Unsafe code vs. dancing with the optimizer

⚓ Rust    📅 2025-09-22    👤 surdeus    👁️ 8      

surdeus

Warning

This post was published 39 days ago. The information described in this article may have changed.

I peeked at the recently-const-stabilized slice reverse source code. Here's what it looks like:

#[stable(feature = "rust1", since = "1.0.0")]
#[rustc_const_stable(feature = "const_slice_reverse", since = "1.90.0")]
#[inline]
pub const fn reverse(&mut self) {
    let half_len = self.len() / 2;
    let Range { start, end } = self.as_mut_ptr_range();

    // These slices will skip the middle item for an odd length,
    // since that one doesn't need to move.
    let (front_half, back_half) =
        // SAFETY: Both are subparts of the original slice, so the memory
        // range is valid, and they don't overlap because they're each only
        // half (or less) of the original slice.
        unsafe {
            (
                slice::from_raw_parts_mut(start, half_len),
                slice::from_raw_parts_mut(end.sub(half_len), half_len),
            )
        };

    // Introducing a function boundary here means that the two halves
    // get `noalias` markers, allowing better optimization as LLVM
    // knows that they're disjoint, unlike in the original slice.
    revswap(front_half, back_half, half_len);

    #[inline]
    const fn revswap<T>(a: &mut [T], b: &mut [T], n: usize) {
        debug_assert!(a.len() == n);
        debug_assert!(b.len() == n);

        // Because this function is first compiled in isolation,
        // this check tells LLVM that the indexing below is
        // in-bounds. Then after inlining -- once the actual
        // lengths of the slices are known -- it's removed.
        // FIXME(const_trait_impl) replace with let (a, b) = (&mut a[..n], &mut b[..n]);
        let (a, _) = a.split_at_mut(n);
        let (b, _) = b.split_at_mut(n);

        let mut i = 0;
        while i < n {
            mem::swap(&mut a[i], &mut b[n - 1 - i]);
            i += 1;
        }
    }
}

I noticed that there's quite a dance done between the author and the optimizer to avoid both calling unsafe functions and paying the penalty of bounds checks. See, in particular, the creation of the a and b slices.

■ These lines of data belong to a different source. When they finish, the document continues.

// What symbols mean among some nodes, in a table by symbol. Each entry has a stamp beside what it says, so that nothing is cleared
// between two uses: under a new stamp every entry says none.
#![tactic(auto)]

ghost use Rattle.std.specs.Prelude.{◌≡◌, ◌+◌, ◌*◌, ◌<◌};
ghost use Rattle.symbol_tables.specs.Entry.{code_count, stamp_count, node_limit, held, joined, says};
ghost use Rattle.symbol_tables.specs.Table.{Adds, AddsRange, either_kind};

use columns::{get_or, index, number, put};

// Several meanings; one meaning is one more than a node, and 0 is none.
pub const SEVERAL: u32 = 4294967295;

// An entry is a stamp times the number of codes, and a code: several have the last one.
const CODES: u32 = 131072;

const STAMPS: u32 = 32768;

const SEVERAL_CODE: u32 = 131071;

// The code of an entry under a stamp; under another it has none.
fn held(stamp: u32, entry: u32) -> u32
    ensures { result ≡ held stamp entry }
{
    if entry / CODES == stamp {
        entry % CODES
    } else {
        0
    }
}

// An entry of a stamp and a code.
fn entry(stamp: u32, code: u32) -> u32
    ensures { stamp < stamp_count → code < code_count → result ≡ stamp * code_count + code }
{
    (stamp % STAMPS) * CODES + code % CODES
}

// A code with one node more.
fn more(code: u32, node: u32) -> u32
    ensures { node < node_limit → result ≡ joined code node }
{
    if code == 0 {
        node % CODES + 1
    } else {
        SEVERAL_CODE
    }
}

// What a symbol means under a stamp.
pub fn meaning_of(table: &[u32], stamp: u32, symbol: u32) -> u32
    ensures { result ≡ says table.now stamp symbol }
{
    let code = held(stamp, get_or(table, index(symbol), 0));
    if code == SEVERAL_CODE { SEVERAL } else { code }
}

// One node more among the meanings of a symbol under a stamp.
pub fn add(table: &mut [u32], stamp: u32, symbol: u32, node: usize)
    ensures { Adds table.old stamp symbol node table.new }
{
    let s = index(symbol);
    let code = held(stamp, get_or(table, s, 0));
    put(table, s, entry(stamp, more(code, number(node))));
}

// Is it one of two kinds?
fn is_either(kind: u8, one: u8, other: u8) -> bool
    ensures { result ≡ either_kind one other kind }
{
    kind == one || kind == other
}

// The nodes from lo up to hi that are of one of two kinds, each under its symbol, as far as they have a kind and a token. Indices are
// bounded before the loop: it goes over all nodes of a schema.
pub fn add_range(
    kinds: &[u8],
    tokens: &[u32],
    symbols: &[u32],
    one: u8,
    other: u8,
    lo: usize,
    hi: usize,
    stamp: u32,
    table: &mut [u32],
)
    ensures { AddsRange kinds.now tokens.now symbols.now one other lo hi stamp table.old table.new }
{
    let end = hi.min(kinds.len().min(tokens.len()));
    for i in (lo..end).rev() {
        if is_either(kinds[i], one, other) {
            add(table, stamp, get_or(symbols, index(tokens[i]), 0), i);
        }
    }
}
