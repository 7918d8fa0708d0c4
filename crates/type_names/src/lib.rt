// Replies 10 and 11 of the names of types and supertypes; what each of them is bound to, and the graph of the declarations
// by what they rename, select or are subtypes of.
#![tactic(auto)]

ghost use Rattle.std.specs.Prelude.{◌≡◌, ◌<◌};
ghost use Rattle.faults.specs.Meaning.{number_of};
ghost use Rattle.type_names.specs.Pass.{Stored};
ghost use Rattle.type_names.specs.TypeName.{is_type_name_by, suits_by, makes_arc, target_by, Unbound, BoundTo, TypeNameMeant, FoundTypeName};
ghost use Rattle.type_names.specs.Binding.{BindsRange, BindsTypeNames};

use columns::{get_or, index, number, put};
use faults::{Fault, Reply};
use scopes::look_ups::{Meaning, declaration_meant};

// What is found of a node: its fault, its binding (one more than a node, or 0), and the target of its arc (one more than a
// vertex, or 0).
#[derive(Clone, Copy)]
pub struct Finding {
    pub fault: Option<Fault>,
    pub binding: u32,
    pub target: u32,
}

// So many places are left before the arcs, and this is the fault with the smallest place.
#[derive(Clone, Copy)]
pub struct Progress {
    pub arcs: usize,
    pub least: Option<Fault>,
}

// Stores what is found of a node, before what is found of the nodes behind it.
pub fn store(
    bound: &mut [u32],
    to: &mut [u32],
    node: usize,
    found: Finding,
    before: Progress,
) -> Progress
    ensures { Stored node found before bound.old to.old result bound.new to.new }
{
    put(bound, node, found.binding);
    let arcs = dependencies::add_arc(to, before.arcs, found.target);
    let least = faults::sooner(found.fault, before.least);
    Progress { arcs, least }
}

// May a name in a role mean a declaration of a kind?
fn suits(role: u32, kind: u8) -> bool
    ensures { result ≡ suits_by role kind }
{
    match role {
        codes::roles::RENAMED_TYPE => kind == codes::nodes::TYPE,
        codes::roles::SUPERTYPE_NAME => kind == codes::nodes::ENTITY,
        _ => kind == codes::nodes::TYPE || kind == codes::nodes::ENTITY,
    }
}

// Does a name in this role make an arc?
fn makes_arc(role: u32) -> bool
    ensures { result ≡ makes_arc role }
{
    role == codes::roles::RENAMED_TYPE
        || role == codes::roles::SELECT_NAME
        || role == codes::roles::SUPERTYPE_NAME
}

// The target of the arc that a name makes: one more than a vertex, or 0.
fn arc_target(role: u32, vertex: u32) -> u32
    ensures { result ≡ target_by role vertex }
{
    if makes_arc(role) { vertex } else { 0 }
}

// Is it the name of a type or of a supertype?
pub fn is_type_name(kind: u8, role: u32) -> bool
    ensures { result ≡ is_type_name_by kind role }
{
    (kind == codes::nodes::NAME) & (role != codes::roles::IN_EXPRESSION)
}

// A name that means no declaration, or several.
fn unbound(reply: Reply, place: u32) -> Finding
    ensures { Unbound (number_of reply) place result }
{
    Finding {
        fault: faults::fault_at(reply, place),
        binding: 0,
        target: 0,
    }
}

// A name in a role that means one declaration, by its vertex.
fn bound_to(kinds: &[u8], nodes: &[u32], role: u32, vertex: usize, place: u32) -> Finding
    requires { vertex < 18446744073709551615 }
    ensures { BoundTo kinds.now nodes.now role vertex place result }
{
    let node = index(get_or(nodes, vertex, 0));
    let fault = faults::wrong_sort(suits(role, get_or(kinds, node, 0)), place);
    let binding = number(node + 1);
    let target = arc_target(role, number(vertex + 1));
    Finding {
        fault,
        binding,
        target,
    }
}

// A name of a type, looked up in its schema.
fn type_name(
    kinds: &[u8],
    keys: &[u64],
    nodes: &[u32],
    heads: &[u32],
    next: &[u32],
    role: u32,
    schema: usize,
    symbol: u32,
    place: u32,
) -> Finding
    ensures { TypeNameMeant kinds.now keys.now nodes.now heads.now next.now role schema symbol place result }
{
    let meaning = declaration_meant(keys, heads, next, schema, symbol);
    match meaning {
        Meaning::Nothing => unbound(Reply::NotFound, place),
        Meaning::One(vertex) => bound_to(kinds, nodes, role, vertex, place),
        Meaning::Several => unbound(Reply::Ambiguous, place),
    }
}

// A node of a declaration that stands in a schema.
fn node_finding(
    kinds: &[u8],
    tokens: &[u32],
    roles: &[u8],
    symbols: &[u32],
    starts: &[u32],
    keys: &[u64],
    nodes: &[u32],
    heads: &[u32],
    next: &[u32],
    schema: usize,
    node: usize,
) -> Finding
    ensures { FoundTypeName kinds.now tokens.now roles.now symbols.now starts.now
        keys.now nodes.now heads.now next.now schema node result }
{
    let token = index(get_or(tokens, node, 0));
    type_name(
        kinds,
        keys,
        nodes,
        heads,
        next,
        get_or(roles, node, 0) as u32,
        schema,
        get_or(symbols, token, 0),
        get_or(starts, token, 0),
    )
}

// Binds the names of types among the nodes of one declaration, from the last to the first.
fn bind_range(
    kinds: &[u8],
    tokens: &[u32],
    roles: &[u8],
    symbols: &[u32],
    starts: &[u32],
    keys: &[u64],
    nodes: &[u32],
    heads: &[u32],
    next: &[u32],
    schema: usize,
    lo: usize,
    hi: usize,
    before: Progress,
    bound: &mut [u32],
    to: &mut [u32],
) -> Progress
    ensures { BindsRange kinds.now tokens.now roles.now symbols.now starts.now
        keys.now nodes.now heads.now next.now schema lo hi
        before bound.old to.old lo result bound.new to.new }
{
    let mut so_far = before;
    let end = hi.min(kinds.len().min(roles.len()));
    for i in (lo..end).rev() {
        if is_type_name(kinds[i], roles[i] as u32) {
            let found = node_finding(
                kinds, tokens, roles, symbols, starts, keys, nodes, heads, next, schema, i,
            );
            so_far = store(bound, to, i, found, so_far);
        }
    }
    so_far
}

// Binds the names of types and stores the arcs; the fault with the smallest place.
pub fn bind_type_names(
    kinds: &[u8],
    tokens: &[u32],
    roles: &[u8],
    symbols: &[u32],
    starts: &[u32],
    keys: &[u64],
    nodes: &[u32],
    heads: &[u32],
    next: &[u32],
    bound: &mut [u32],
    first: &mut [u32],
    to: &mut [u32],
) -> Option<Fault>
    ensures { BindsTypeNames kinds.now tokens.now roles.now symbols.now starts.now
        keys.now nodes.now heads.now next.now
        bound.old first.old to.old result bound.new first.new to.new }
{
    columns::clear(bound, 0, 0);
    let mut so_far = Progress {
        arcs: to.len(),
        least: None,
    };
    for v in (0..first.len().saturating_sub(1)).rev() {
        put(first, v + 1, number(so_far.arcs));
        let d = scopes::declaration(keys, nodes, v);
        so_far = bind_range(
            kinds, tokens, roles, symbols, starts, keys, nodes, heads, next, d.schema, d.from,
            d.node, so_far, bound, to,
        );
    }
    put(first, 0, number(so_far.arcs));
    so_far.least
}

I wonder if implementing such a function using lower-level unsafe pointer arithmetic would be an improvement. There's more unsafe code, but it more directly conveys the programmer's intent and avoids dependency on specific optimization passes, which I assume aren't guaranteed.

I'm new to Rust, so I would be very interested in hearing experienced folks' opinions here.